Atlantics opens as an immigration love story. Diop, who is 38, half French and half Senegalese, said in an interview last year that she hadn’t seen a film with black characters who were up there with Romeo and Juliet. Her couple are head over heels in me-and-you-against-the-world impossible first love; it will never work. Mama Sane plays Ada, a young woman in Dakar who is soon to be married off by her parents to a rich older guy. But she is in love with Souleiman (Ibrahima Traoré), a labourer who works on a building site on the edge of the city. His boss, a venal property developer, hasn’t paid anyone in three months. After a confrontation about money, Souleiman and his friends drive home in the back of a pickup. Their mood is edgy and elated. But Souleiman runs his hand through his hair, desperate, despairing. You assume he’s worrying about money.

Actually, it turns out that Souleiman is thinking about leaving. Without telling a soul, he and his friends have made a pact to set sail to Spain – 2,000km across the Atlantic for a better life, or death, if things go badly. There’s a stunning strange scene on the night they go, when their girlfriends arrive at a beachfront bar to party and realise what’s happened – a room full of women without men, the left behind. It brought to mind stories of women after the first world war dancing in pairs at tea dances, their dreams shattered. The characters in Atlantics all talk about “crossing the sea”. No one ever says: “He sailed to Spain.” I wonder if that’s because so few make it. Claire Mathon, director of photography, hauntingly shoots the ocean as vast and fathomless. It’s not calming or magnificent; it’s a graveyard.

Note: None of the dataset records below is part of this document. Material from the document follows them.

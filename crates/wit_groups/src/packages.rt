//! Packages.

use crate::draft::Draft;
use crate::fault::Fault;
use crate::interfaces::WrittenInterface;
use crate::mentions::mentions_of;
use crate::names::Directory;
use crate::scope::Context;
use crate::written::{Part, Scope, scopes_of};
use std::alloc::Global;
use wit_data::{AstItem, Docs, PackageName, Span, Text, UnresolvedPackage};
use wit_text::syntax::ItemKind;

/// What a package is called, where that stands, and its documentation.
#[derive(Drop)]
pub(crate) struct PackageHead {
    pub name: PackageName,
    pub span: Span,
    pub docs: Docs,
}

/// The package that these parts of files are.
pub(crate) fn make_package(
    alloc: Global,
    head: PackageHead,
    parts: &[Part<'_>],
) -> Result<UnresolvedPackage, Fault> {
    let draft = draft_of(alloc, parts)?;
    let PackageHead { name, span, docs } = head;
    Ok(draft.into_package(name, span, docs))
}

/// What parts of files make of their package.
fn draft_of(alloc: Global, parts: &[Part<'_>]) -> Result<Draft, Fault> {
    let mut draft = Draft::new(alloc);
    let mentions = mentions_of(alloc, parts)?;
    draft.add_foreign(mentions.as_slice())?;
    let scopes = scopes_of(alloc, parts)?;
    let mut directory = Directory::new(alloc, parts, scopes.as_slice())?;
    let order = directory.order(alloc, scopes.as_slice())?;
    directory.check_uses(alloc, parts)?;
    for number in order.iter() {
        if let Some(scope) = scopes.get(*number) {
            let item = draft.begin(scope)?;
            directory.set_item(*number, item);
        }
    }
    draft.add_foreign_types(&directory, mentions.as_slice())?;
    draft.make_interfaces(&directory, scopes.as_slice(), order.as_slice())?;
    draft.make_worlds(&directory, scopes.as_slice(), order.as_slice())?;
    Ok(draft)
}

impl Draft {
    /// Adds an interface or a world of which the name alone is known.
    fn begin(&mut self, scope: &Scope<'_>) -> Result<AstItem, Fault> {
        let name = Text::try_from_str(self.allocator(), scope.name.text(scope.part.source))?;
        match &scope.item.kind {
            ItemKind::Interface(_, _) | ItemKind::Use(_) => {
                let id = self.add_interface(Some(name), scope.name.span)?;
                Ok(AstItem::Interface(id))
            }
            ItemKind::World(_, _) => Ok(AstItem::World(self.add_world(name, scope.name.span)?)),
        }
    }

    /// Makes the interfaces in an order.
    fn make_interfaces<'x>(
        &mut self,
        directory: &'x Directory,
        scopes: &[Scope<'x>],
        order: &[usize],
    ) -> Result<(), Fault> {
        for number in order {
            if let Some(scope) = scopes.get(*number) {
                self.make_interface(directory, *number, scope)?;
            }
        }
        Ok(())
    }

    fn make_interface<'x>(
        &mut self,
        directory: &'x Directory,
        number: usize,
        scope: &Scope<'x>,
    ) -> Result<(), Fault> {
        let ItemKind::Interface(_, statements) = &scope.item.kind else {
            return Ok(());
        };
        let Some(AstItem::Interface(id)) = directory.item_at(number) else {
            return Ok(());
        };
        let written = WrittenInterface {
            gate: &scope.item.gate,
            name: scope.name,
            is_in_place: false,
            statements: statements.as_slice(),
        };
        let context = context_of(self.allocator(), directory, scope);
        context.make_interface(self, *id, &written)
    }

    /// Makes the worlds in an order.
    fn make_worlds<'x>(
        &mut self,
        directory: &'x Directory,
        scopes: &[Scope<'x>],
        order: &[usize],
    ) -> Result<(), Fault> {
        for number in order {
            if let Some(scope) = scopes.get(*number) {
                self.make_world(directory, *number, scope)?;
            }
        }
        Ok(())
    }

    fn make_world<'x>(
        &mut self,
        directory: &'x Directory,
        number: usize,
        scope: &Scope<'x>,
    ) -> Result<(), Fault> {
        let ItemKind::World(_, statements) = &scope.item.kind else {
            return Ok(());
        };
        let Some(AstItem::World(id)) = directory.item_at(number) else {
            return Ok(());
        };
        let context = context_of(self.allocator(), directory, scope);
        let gate = &scope.item.gate;
        context.make_world(self, *id, gate, &scope.name, statements.as_slice())
    }
}

/// Where an interface or a world stands.
fn context_of<'x>(alloc: Global, directory: &'x Directory, scope: &Scope<'x>) -> Context<'x> {
    Context {
        alloc,
        directory,
        file: scope.file,
        part: scope.part,
    }
}
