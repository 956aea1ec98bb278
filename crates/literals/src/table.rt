// The table of the eleven literals, a row each: the literal, how many numbers it takes, how many it leaves. The checks read it, and the compiler
// folds the reads. A literal is any byte, and a row three constants: as a constant struct or an array it made two to four times as much to prove of whoever reads it.
pub const EXCHANGE: u8 = 1;

pub const EXCHANGE_TAKES: usize = 2;

pub const EXCHANGE_LEAVES: usize = 2;

pub const DELETE: u8 = 2;

pub const DELETE_TAKES: usize = 1;

pub const DELETE_LEAVES: usize = 0;

pub const SUBTRACT: u8 = 3;

pub const SUBTRACT_TAKES: usize = 2;

pub const SUBTRACT_LEAVES: usize = 1;

pub const MULTIPLY: u8 = 4;

pub const MULTIPLY_TAKES: usize = 2;

pub const MULTIPLY_LEAVES: usize = 1;

pub const DIVIDE: u8 = 5;

pub const DIVIDE_TAKES: usize = 2;

pub const DIVIDE_LEAVES: usize = 1;

pub const ADD: u8 = 15;

pub const ADD_TAKES: usize = 2;

pub const ADD_LEAVES: usize = 1;

pub const NEGATE: u8 = 27;

pub const NEGATE_TAKES: usize = 1;

pub const NEGATE_LEAVES: usize = 1;

pub const INT: u8 = 39;

pub const INT_TAKES: usize = 1;

pub const INT_LEAVES: usize = 1;

pub const DUPLICATE: u8 = 49;

pub const DUPLICATE_TAKES: usize = 1;

pub const DUPLICATE_LEAVES: usize = 2;

pub const TRUNCATE: u8 = 58;

pub const TRUNCATE_TAKES: usize = 1;

pub const TRUNCATE_LEAVES: usize = 1;

pub const RE_STACK: u8 = 61;

pub const RE_STACK_TAKES: usize = 1;

pub const RE_STACK_LEAVES: usize = 1;
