// The eleven literals: the table of what each takes and leaves, and a literal that is in no row. Their reports and what they do to a stack are
// defined in specs/.
#![tactic(auto)]

mod missing;
pub mod table;

pub use missing::unknown;
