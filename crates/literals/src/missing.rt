// A literal that is in no row.
ghost use Rattle.std.specs.Prelude.{ℕ, ◌≡◌, true};
ghost use Rattle.edition.specs.declared.Edition.{Edition};
ghost use Rattle.literals.specs.Literals.{operation_of};
ghost use Rattle.literals.specs.Reports.{not_in_table};
ghost use Rattle.literals.specs.Operate.{operate_of, outcome};
ghost use Rattle.slots.specs.Numbers.{number_of};

use slots::Report;

pub fn unknown(stack: &[u8], depth: usize) -> Report
    ensures { (ed : Edition) (l : ℕ) → not_in_table (operation_of l) ≡ true → operate_of ed stack.now depth l ≡ (outcome (number_of result) depth, stack.now) }
{
    if slots::over_limits(stack, depth) {
        return Report::OverLimits;
    }
    Report::UnknownLiteral
}
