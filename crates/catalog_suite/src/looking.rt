//! What is asked of a catalog.

use crate::push::{push_found, push_numbers, push_word};
use crate::scene::Scene;
use osgi_version::{NoMemory, Range, Text, Twin, Version, VersionFault};
use std::alloc::Global;
use suite_row::Row;
use unit_catalog::Catalog;
use unit_model::{Required, UnitName};

/// The name of an id and a version's text. None where that is no version.
pub(crate) fn name(alloc: Global, id: &Text, version: &Text) -> Result<Option<UnitName>, NoMemory> {
    match Version::parse(alloc, version.bytes()) {
        Ok(version) => Ok(Some(named(id, version)?)),
        Err(VersionFault::Bad { .. } | VersionFault::Raw) => Ok(None),
        Err(VersionFault::NoMemory) => Err(NoMemory),
    }
}

fn named(id: &Text, version: Version) -> Result<UnitName, NoMemory> {
    let id = id.copy()?;
    Ok(UnitName { id, version })
}

/// `find ID VERSION`: the number of the unit of this name.
pub(crate) fn push_find(
    line: &mut Vec<u8>,
    alloc: Global,
    catalog: &Catalog,
    row: &Row,
) -> Result<(), NoMemory> {
    match name(alloc, row.field(1), row.field(2))? {
        Some(name) => push_found(line, catalog.find(&name)),
        None => push_word(line, "no name"),
    }
}

/// `greatest ID`: the number of the greatest version that applies.
pub(crate) fn push_greatest(line: &mut Vec<u8>, scene: &Scene, row: &Row) -> Result<(), NoMemory> {
    push_found(
        line,
        scene.catalog.greatest(row.field(1).bytes(), &scene.env),
    )
}

/// `updater ID VERSION`: the number of the unit that updates the one of this name.
pub(crate) fn push_updater(
    line: &mut Vec<u8>,
    alloc: Global,
    scene: &Scene,
    row: &Row,
) -> Result<(), NoMemory> {
    match name(alloc, row.field(1), row.field(2))? {
        Some(name) => push_found(line, scene.catalog.updater(&name, &scene.env)),
        None => push_word(line, "no name"),
    }
}

fn push_matching(
    line: &mut Vec<u8>,
    catalog: &Catalog,
    required: &Required,
) -> Result<(), NoMemory> {
    let providers = catalog.providers(required)?;
    push_word(line, "providers")?;
    push_numbers(line, providers.items())
}

fn required<'a>(catalog: &'a Catalog, row: &Row) -> Option<&'a Required> {
    let unit = catalog.unit(row.word(1).parse::<u32>().ok()?)?;
    unit.required.get(row.word(2).parse::<usize>().ok()?)
}

/// `providers UNIT ROW`: the numbers of the units that match this requirement.
pub(crate) fn push_providers(
    line: &mut Vec<u8>,
    catalog: &Catalog,
    row: &Row,
) -> Result<(), NoMemory> {
    match required(catalog, row) {
        Some(required) => push_matching(line, catalog, required),
        None => push_word(line, "no requirement"),
    }
}

/// A requirement on a capability in a range.
fn on(namespace: Text, name: Text, range: Range) -> Required {
    Required {
        namespace,
        name,
        range,
        filter: None,
        min: 1,
        max: u32::MAX,
        greedy: true,
    }
}

fn sought(alloc: Global, row: &Row) -> Result<Option<Required>, NoMemory> {
    match Range::parse(alloc, row.field(3).bytes()) {
        Ok(range) => Ok(Some(sought_in(row, range)?)),
        Err(VersionFault::Bad { .. } | VersionFault::Raw) => Ok(None),
        Err(VersionFault::NoMemory) => Err(NoMemory),
    }
}

fn sought_in(row: &Row, range: Range) -> Result<Required, NoMemory> {
    let namespace = row.field(1).copy()?;
    let name = row.field(2).copy()?;
    Ok(on(namespace, name, range))
}

/// `seek NAMESPACE NAME RANGE`: the numbers of the units that provide the capability.
pub(crate) fn push_sought(
    line: &mut Vec<u8>,
    alloc: Global,
    catalog: &Catalog,
    row: &Row,
) -> Result<(), NoMemory> {
    match sought(alloc, row)? {
        Some(required) => push_matching(line, catalog, &required),
        None => push_word(line, "no range"),
    }
}
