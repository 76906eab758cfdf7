//! Parts of an answer.

use osgi_version::{NoMemory, push_number};

pub(crate) fn push_word(line: &mut Vec<u8>, word: &str) -> Result<(), NoMemory> {
    line.extend_from_slice(word.as_bytes())?;
    Ok(())
}

/// The number, or `none`.
pub(crate) fn push_found(line: &mut Vec<u8>, found: Option<u32>) -> Result<(), NoMemory> {
    match found {
        Some(number) => push_number(line, number),
        None => push_word(line, "none"),
    }
}

/// Each number behind a blank.
pub(crate) fn push_numbers(line: &mut Vec<u8>, numbers: &[u32]) -> Result<(), NoMemory> {
    for number in numbers {
        line.push(b' ')?;
        push_number(line, *number)?;
    }
    Ok(())
}
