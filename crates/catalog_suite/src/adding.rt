//! Units for a catalog.

use crate::push::push_word;
use inf_reader::units_of;
use osgi_version::{List, NoMemory, Text};
use props_reader::{PropsFault, read};
use std::alloc::Global;
use suite_row::Row;
use unit_catalog::{Catalog, CatalogFault};
use unit_model::Unit;

/// The units of a description in the folder `f`. None where it is refused.
fn read_units(alloc: Global, text: &[u8]) -> Result<Option<List<Unit>>, NoMemory> {
    match read(alloc, text) {
        Ok(pairs) => Ok(units_of(alloc, b"f", &pairs).ok()),
        Err(PropsFault::BadEscape { .. }) => Ok(None),
        Err(PropsFault::NoMemory) => Err(NoMemory),
    }
}

fn add(catalog: &mut Catalog, unit: Unit) -> Result<&'static str, NoMemory> {
    match catalog.add(unit) {
        Ok(true) => Ok(" true"),
        Ok(false) => Ok(" false"),
        Err(CatalogFault::Full) => Ok(" full"),
        Err(CatalogFault::NoMemory) => Err(NoMemory),
    }
}

fn push_each(line: &mut Vec<u8>, catalog: &mut Catalog, units: List<Unit>) -> Result<(), NoMemory> {
    for unit in units.into_vec() {
        let answer = add(catalog, unit)?;
        push_word(line, answer)?;
    }
    Ok(())
}

/// `add TEXT`: what the catalog answers to each unit of this description.
pub(crate) fn push_added(
    line: &mut Vec<u8>,
    alloc: Global,
    catalog: &mut Catalog,
    text: &Text,
) -> Result<(), NoMemory> {
    match read_units(alloc, text.bytes())? {
        Some(units) => {
            push_word(line, "added")?;
            push_each(line, catalog, units)
        }
        None => push_word(line, "refused"),
    }
}

/// The description of one unit that provides a capability and requires the next one.
fn link(alloc: Global, number: u32) -> Result<String, NoMemory> {
    let own = format!(in alloc;
        "units.0.id=u{}\nunits.0.version=1\nunits.0.provides.0.namespace=n\nunits.0.provides.0.name=c{}\n",
        number, number
    )?;
    let next = number.saturating_add(1);
    let link = format!(in alloc;
        "{}units.0.requires.0.namespace=n\nunits.0.requires.0.name=c{}\n",
        own, next
    )?;
    Ok(link)
}

/// Whether the catalog took the unit of this number.
fn add_link(alloc: Global, catalog: &mut Catalog, number: u32) -> Result<bool, NoMemory> {
    let link = link(alloc, number)?;
    match read_units(alloc, link.as_bytes())? {
        Some(units) => add_all(catalog, units),
        None => Ok(false),
    }
}

fn add_all(catalog: &mut Catalog, units: List<Unit>) -> Result<bool, NoMemory> {
    for unit in units.into_vec() {
        if add(catalog, unit)? != " true" {
            return Ok(false);
        }
    }
    Ok(true)
}

fn add_links(alloc: Global, catalog: &mut Catalog, count: u32) -> Result<bool, NoMemory> {
    for number in 0..count {
        if !add_link(alloc, catalog, number + 1)? {
            return Ok(false);
        }
    }
    Ok(true)
}

/// `chain COUNT`: adds so many units, from `u1` on, of which each provides a capability and requires that of the next.
pub(crate) fn push_chain(
    line: &mut Vec<u8>,
    alloc: Global,
    catalog: &mut Catalog,
    row: &Row,
) -> Result<(), NoMemory> {
    let count = row.word(1).parse::<u32>().unwrap_or(0);
    let added = add_links(alloc, catalog, count)?;
    push_word(line, if added { "chain" } else { "no chain" })
}
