//! What the rows speak of.

use crate::adding::{push_added, push_chain};
use crate::looking::{push_find, push_greatest, push_providers, push_sought, push_updater};
use crate::push::{push_found, push_word};
use crate::slicing::{push_size, push_slice};
use ldap_filter::{Env, EnvFault};
use osgi_version::NoMemory;
use std::alloc::Global;
use suite_row::Row;
use unit_catalog::Catalog;

/// A catalog, and the environment.
#[derive(Drop)]
pub(crate) struct Scene {
    pub(crate) catalog: Catalog,
    pub(crate) env: Env,
}

impl Scene {
    pub(crate) fn new(alloc: Global) -> Result<Scene, NoMemory> {
        let catalog = Catalog::new(alloc)?;
        Ok(Scene {
            catalog,
            env: Env::new(alloc),
        })
    }

    /// The line that answers a row. A comment is copied.
    pub(crate) fn answer(&mut self, alloc: Global, line: &str) -> Result<Vec<u8>, NoMemory> {
        let mut answer = Vec::new(alloc);
        if line.starts_with('#') {
            push_word(&mut answer, line)?;
        } else {
            self.push_answer(&mut answer, alloc, line)?;
        }
        answer.push(b'\n')?;
        Ok(answer)
    }

    fn push_answer(
        &mut self,
        answer: &mut Vec<u8>,
        alloc: Global,
        line: &str,
    ) -> Result<(), NoMemory> {
        match Row::read(alloc, line.as_bytes())? {
            Some(row) => self.push_row(answer, alloc, &row),
            None => push_word(answer, "no row"),
        }
    }

    fn push_row(&mut self, answer: &mut Vec<u8>, alloc: Global, row: &Row) -> Result<(), NoMemory> {
        match row.word(0) {
            "new" => self.begin(answer, alloc),
            "on" => self.set(answer, row),
            "add" => push_added(answer, alloc, &mut self.catalog, row.field(1)),
            "chain" => push_chain(answer, alloc, &mut self.catalog, row),
            _ => push_question(answer, alloc, self, row),
        }
    }

    /// `new`: from here on the catalog and the environment are empty ones.
    fn begin(&mut self, answer: &mut Vec<u8>, alloc: Global) -> Result<(), NoMemory> {
        self.catalog = Catalog::new(alloc)?;
        self.env = Env::new(alloc);
        push_word(answer, "new")
    }

    /// `on KEY VALUE`: from here on the environment has this value.
    fn set(&mut self, answer: &mut Vec<u8>, row: &Row) -> Result<(), NoMemory> {
        match self.env.set(row.field(1).bytes(), row.field(2)) {
            Ok(()) => push_word(answer, "on"),
            Err(EnvFault::BadKey) => push_word(answer, "bad key"),
            Err(EnvFault::NoMemory) => Err(NoMemory),
        }
    }
}

fn push_question(
    answer: &mut Vec<u8>,
    alloc: Global,
    scene: &Scene,
    row: &Row,
) -> Result<(), NoMemory> {
    match row.word(0) {
        "len" => push_found(answer, Some(scene.catalog.len())),
        "find" => push_find(answer, alloc, &scene.catalog, row),
        "greatest" => push_greatest(answer, scene, row),
        "updater" => push_updater(answer, alloc, scene, row),
        "providers" => push_providers(answer, &scene.catalog, row),
        "seek" => push_sought(answer, alloc, &scene.catalog, row),
        "slice" => push_slice(answer, alloc, scene, row),
        "size" => push_size(answer, alloc, scene, row),
        _ => push_word(answer, "no question"),
    }
}
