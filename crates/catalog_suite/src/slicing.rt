//! What roots lead to.

use crate::looking::name;
use crate::push::{push_found, push_numbers, push_word};
use crate::scene::Scene;
use osgi_version::{List, NoMemory};
use std::alloc::Global;
use suite_row::Row;
use unit_model::UnitName;
use unit_slicer::{SliceFault, slice};

/// The names that a row gives behind its word, an id and a version each. A version that is none gives no name.
fn roots(alloc: Global, row: &Row) -> Result<List<UnitName>, NoMemory> {
    let mut roots = List::new(alloc);
    for place in (1..row.len()).step_by(2) {
        if let Some(root) = name(alloc, row.field(place), row.field(place + 1))? {
            roots.push(root)?;
        }
    }
    Ok(roots)
}

/// `slice ID VERSION ..`: the numbers of the units in the slice of these roots.
pub(crate) fn push_slice(
    line: &mut Vec<u8>,
    alloc: Global,
    scene: &Scene,
    row: &Row,
) -> Result<(), NoMemory> {
    let roots = roots(alloc, row)?;
    match slice(&scene.catalog, &roots, &scene.env) {
        Ok(numbers) => push_members(line, &numbers),
        Err(SliceFault::TooLarge) => push_word(line, "too large"),
        Err(SliceFault::NoMemory) => Err(NoMemory),
    }
}

fn push_members(line: &mut Vec<u8>, numbers: &List<u32>) -> Result<(), NoMemory> {
    push_word(line, "slice")?;
    push_numbers(line, numbers.items())
}

/// `size ID VERSION ..`: how many units are in the slice of these roots.
pub(crate) fn push_size(
    line: &mut Vec<u8>,
    alloc: Global,
    scene: &Scene,
    row: &Row,
) -> Result<(), NoMemory> {
    let roots = roots(alloc, row)?;
    match slice(&scene.catalog, &roots, &scene.env) {
        Ok(numbers) => push_found(line, Some(numbers.len() as u32)),
        Err(SliceFault::TooLarge) => push_word(line, "too large"),
        Err(SliceFault::NoMemory) => Err(NoMemory),
    }
}
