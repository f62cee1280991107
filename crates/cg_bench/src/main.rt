//! Makes a call on a triangular table of enclosures, or its context, and prints a check sum: what `docs/PERFORMANCE.md`
//! measures.
//!
//! The first argument is `then`, `back` or `into_sequence`, the second the number of cells, 0 to 512.
#![tactic(auto)]

ghost use Rattle.std.specs.Prelude.{◌≤◌, IfOk, IfSome};

mod call;
mod fold;

use crate::call::{Call, call_of, word_of};
use crate::fold::{MOST, check_sum};
use std::process::ExitCode;
use std::{env, io};

/// What the command line asks for.
struct Request {
    call: Call,
    cells: usize,
}

fn main(rt: HostRuntime) -> io::Result<ExitCode> {
    let Some(Request { call, cells }) = request_of(&rt)? else {
        eprintln!(rt;
            "usage: cg_bench CALL CELLS, CALL being then, back or into_sequence, at most 512 cells"
        )?;
        return Ok(ExitCode::from(2));
    };
    match check_sum(rt.alloc(), call, cells) {
        Ok(sum) => println!(rt; "{} cells {cells} check sum {sum}", word_of(call))?,
        Err(_) => return Ok(ExitCode::from(6)),
    }
    Ok(ExitCode::SUCCESS)
}

/// The call and the number of cells that the command line asks for, where it asks for these.
fn request_of(rt: &HostRuntime) -> io::Result<Option<Request>>
    ensures { IfOk result (λ request. IfSome request (λ r. r.cells ≤ 512)) }
{
    let mut words = env::args(rt)?;
    let _program = words.next();
    let (Some(name), Some(count)) = (words.next(), words.next()) else {
        return Ok(None);
    };
    match (call_of(&name), count.parse::<usize>()) {
        (Some(call), Ok(cells)) if cells <= MOST => Ok(Some(Request { call, cells })),
        _ => Ok(None),
    }
}
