//! One file for each subject, and what they share.
mod capacities;
mod claims;
mod marks;
mod rings;
mod work;
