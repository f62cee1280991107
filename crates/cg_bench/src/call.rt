//! The calls that are measured.
ghost use Rattle.std.specs.Prelude.{◌≡◌, ◌≢◌, IfSome, IfNone};
ghost use Rattle.cg_bench.specs.declared.call.Call.{Call};
ghost use Rattle.cg_bench.specs.Fold.{word_of};

/// A call that is measured.
#[derive(Clone, Copy)]
pub enum Call {
    Then,
    Back,
    IntoSequence,
}

/// The call that a word names, where it is one.
pub fn call_of(word: &str) -> Option<Call>
    ensures some { IfSome result (λ call. word.now ≡ word_of call) }
    ensures none { IfNone result ((call : Call) → word.now ≢ word_of call) }
{
    match word {
        "then" => Some(Call::Then),
        "back" => Some(Call::Back),
        "into_sequence" => Some(Call::IntoSequence),
        _ => None,
    }
}

/// The word that names a call.
pub fn word_of(call: Call) -> &'static str
    ensures { result.now ≡ word_of call }
{
    match call {
        Call::Then => "then",
        Call::Back => "back",
        Call::IntoSequence => "into_sequence",
    }
}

If Diop’s ambition stopped here, she would have made an authentic, moving drama. But then a kind of fever takes hold of the film. Ten days after Souleiman’s disappearance, on the night of her arranged marriage, Ada’s wedding bed bursts into flames. The young police detective (Amadou Mbow) called in to investigate arson suspects Souleiman is behind the incident – maybe he didn’t leave town after all. Then Ada gets a text from an unknown mobile number claiming to be from Souleiman, asking her to meet him in the dead of night.

And something is happening to the left-behind girlfriends. By the light of the moon they sleepwalk, barefoot in their nightdresses, eyes milky white like zombies, to the house of the property developer, demanding the unpaid wages. Is this a case of supernatural possession or mass hysteria?

Diop clearly has a knack for working with first-time actors. She found Traoré on a construction site. She walked up to Mama Sane, a trainee seamstress, on the street in Dakar. Both inhabit their characters beautifully. Souleiman does not have much screen time, but Diop and Traoré make him real, a sensitive but resilient young man – he doesn’t walk away from conflict. It’s important that he’s believable, a person, not a statistic or headline (as I type this, the body of a 16-year-old teenage Sudanese boy washes up on a beach near Calais).

And what a debut for Diop, an actor best known for appearing in Claire Denis’s 35 Shots of Rum. Atlantics is the first film directed by a black woman to screen in competition at Cannes, where it won the grand prix. Earlier this year it was shortlisted for the Academy Award for best international feature film. Diop has said she’s not in a hurry to make another film. Let’s hope she changes her mind.